A sum term is equal to 1 when one or more of the literals in the term are 1. A sum term is equal
to 0 only if each of the literals is 0.
Example
Determine the values of A, B, C, and D that make the sum term

A + B + C + D equal to 0.
Boolean Multiplication
Also recall from part 3 that Boolean multiplication is equivalent to the AND operation. In
Boolean algebra, a product term is the product of literals. In logic circuits, a product term is
produced by an AND operation with no OR operations involved. Some examples of product
terms are AB, A𝐵̅, ABC, and ABCD.
A product term is equal to 1 only if each of the literals in the term is 1. A product term is equal
to 0 when one or more of the literals are 0.
Example
Determine the values of A, B, C, and D that make the product term ABCD equal to 1.

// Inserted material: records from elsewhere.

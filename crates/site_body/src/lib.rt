// One body of a site, the kind byte first, as it stands in a sheet and in a slot: is it one, and what does it say? Bytes that are none are read as a site
// that no table has (`no_site`), so every question has an answer. (The Rust's `Binding` and its `sources`.)
#![tactic(auto)]

ghost use Rattle.std.specs.Prelude.{◌≡◌, true, ◌+◌, ◌*◌, ◌≤◌, ◌<◌, length, get_or, drop};
ghost use Rattle.std.proofs.Math.ListN.{get_elem?};
ghost use Rattle.paper.specs.Layout.{whole, site_read};
ghost use Rattle.paper.specs.Sites.{sources, term_of, parent};
ghost use Rattle.site_body.specs.Body.{off_of, many_of, words, kind, is_body, site_of, found_as, link_of, missing, admits_body, verdict_as};

use paper::{Refusal, SOURCES, TERMS};

const KINDS: usize = 14;

// Where the sources of a body begin, by kind; 0, 1 or, where the byte before them counts them, 2; and how many bytes follow them.
const OFFS: [u8; 14] = [4, 19, 3, 2, 3, 8, 1, 6, 1, 4, 1, 1, 1, 1];

const WAYS: [u8; 14] = [0, 0, 0, 0, 1, 2, 1, 2, 1, 2, 1, 1, 1, 1];

const TAILS: [u8; 14] = [0, 0, 0, 0, 0, 0, 0, 0, 3, 0, 1, 0, 0, 1];

// A site that can be a child: its source, with its variant and its field.
#[derive(Clone, Copy)]
pub enum Link {
    Variant {
        source: u16,
        variant: u16,
        field: u8,
    },
    Struct {
        source: u16,
        field: u8,
    },
    Some {
        source: u16,
    },
}

// The byte at a place, 0 past the end.
fn byte_at(b: &[u8], at: usize) -> u8
    ensures { result ≡ get_or b.now at 0 }
{
    b.get(at).copied().unwrap_or(0)
}

// "high byte first"
pub fn word_at(b: &[u8], at: usize) -> u16
    ensures { result ≡ get_or b.now at 0 * 256 + get_or b.now (at + 1) 0 }
{
    if b.len() <= at {
        return 0;
    }
    (usize::from(b[at]) * 256 + usize::from(byte_at(b, at + 1))) as u16
}

// Where the sources begin, by the kind alone.
pub fn off_of(b: &[u8]) -> usize
    ensures { (result ≡ off_of b.now) × (result < 20) }
{
    let k = usize::from(byte_at(b, 0));
    if KINDS <= k {
        return 0;
    }
    usize::from(OFFS[k])
}

// How many sources there are, by the kind and the byte that counts them.
pub fn many_of(b: &[u8]) -> usize
    ensures { (result ≡ many_of b.now) × (result < 256) }
{
    let k = usize::from(byte_at(b, 0));
    if KINDS <= k {
        return 0;
    }
    let way = WAYS[k];
    if way == 0 {
        return 0;
    }
    if way == 1 {
        return 1;
    }
    let off = off_of(b);
    usize::from(byte_at(b, off - 1))
}

// Are these bytes the body of a site?
pub fn is_body(b: &[u8]) -> bool
    ensures { result ≡ is_body b.now }
{
    let k = usize::from(byte_at(b, 0));
    if KINDS <= k {
        return false;
    }
    if b.len() != off_of(b) + 2 * many_of(b) + usize::from(TAILS[k]) {
        return false;
    }
    if k == 0 {
        return byte_at(b, 3) < 2;
    }
    true
}

pub fn kind(b: &[u8]) -> u8
    ensures { result ≡ kind (site_of b.now) }
{
    if !is_body(b) {
        return 6;
    }
    byte_at(b, 0)
}

pub fn source_count(b: &[u8]) -> usize
    ensures { result ≡ length (sources (site_of b.now)) }
{
    if !is_body(b) {
        return 1;
    }
    many_of(b)
}

// Source j, counted from 0.
pub fn source(b: &[u8], j: usize) -> Option<u16>
    ensures { result ≡ found_as (get_elem? (sources (site_of b.now)) j) }
{
    if !is_body(b) {
        if j == 0 {
            return Some(65535);
        }
        return None;
    }
    if many_of(b) <= j {
        return None;
    }
    Some(word_at(b, off_of(b) + 2 * j))
}

fn term_in(b: &[u8]) -> Option<u16>
    requires { is_body b.now ≡ true }
    ensures { result ≡ found_as (term_of (site_of b.now)) }
{
    let k = byte_at(b, 0);
    if k == 4 {
        return Some(word_at(b, 1));
    }
    if k == 5 {
        return Some(word_at(b, 1));
    }
    None
}

// The term of an Extractor or a Constructor.
pub fn term(b: &[u8]) -> Option<u16>
    ensures { result ≡ found_as (term_of (site_of b.now)) }
{
    if !is_body(b) {
        return None;
    }
    term_in(b)
}

// The source of a MatchVariant, an ExtractStruct or a MatchSome, with its variant and its field.
pub fn link_of(b: &[u8]) -> Option<Link>
    ensures { result ≡ link_of (site_of b.now) }
{
    if !is_body(b) {
        return None;
    }
    let k = byte_at(b, 0);
    if k == 8 {
        return Some(Link::Variant {
            source: word_at(b, 1),
            variant: word_at(b, 3),
            field: byte_at(b, 5),
        });
    }
    if k == 10 {
        return Some(Link::Struct {
            source: word_at(b, 1),
            field: byte_at(b, 3),
        });
    }
    if k == 12 {
        return Some(Link::Some {
            source: word_at(b, 1),
        });
    }
    None
}

pub fn parent(b: &[u8]) -> Option<u16>
    ensures { result ≡ found_as (parent (site_of b.now)) }
{
    match link_of(b)? {
        Link::Variant { source, .. } => Some(source),
        Link::Struct { source, .. } => Some(source),
        Link::Some { source } => Some(source),
    }
}

// The first of `many` sources, two bytes each from `from` on, that is not below the count.
fn first_missing(b: &[u8], from: usize, many: usize, count: u16) -> Option<u16>
    requires { from + 2 * many ≤ length b.now }
    ensures { result ≡ found_as (missing count (words many (drop from b.now))) }
{
    for k in 0..many {
        let s = word_at(b, from + 2 * k);
        if count <= s {
            return Some(s);
        }
    }
    None
}

// May this body be added to a set of so many sites? Looks at all but the sites themselves. `at` is the item or the line that asks.
pub fn judge(b: &[u8], count: u16, at: u32) -> Result<(), Refusal>
    ensures { result ≡ verdict_as (admits_body count at (whole (site_read b.now))) }
{
    if !is_body(b) {
        return Err(Refusal::Layout { line: at });
    }
    let many = many_of(b);
    let lost = first_missing(b, off_of(b), many, count);
    if let Some(s) = lost {
        return Err(Refusal::Unknown { site: s });
    }
    if SOURCES < many {
        return Err(Refusal::TooManySources {
            asked: many as u32,
            at,
        });
    }
    let named = term_in(b);
    let Some(t) = named else {
        return Ok(());
    };
    if TERMS <= t as usize {
        return Err(Refusal::TermTooHigh { asked: t as u32 });
    }
    Ok(())
}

LAWS AND RULES OF BOOLEAN ALGEBRA

■ Laws of Boolean Algebra:
The basic laws of Boolean algebra-the commutative laws for addition and multiplication, the
associative laws for addition and multiplication, and the distributive law-are the same as in
ordinary algebra.
Commutative Laws
The commutative law of addition for two variables is written as
A+B = B+A
This law states that the order in which the variables are ORed makes no difference. Remember,
in Boolean algebra as applied to logic circuits, addition and the OR operation are the same.
Fig.(1) illustrates the commutative law as applied to the OR gate and shows that it doesn't
matter to which input each variable is applied. (The symbol ≡ means "equivalent to.").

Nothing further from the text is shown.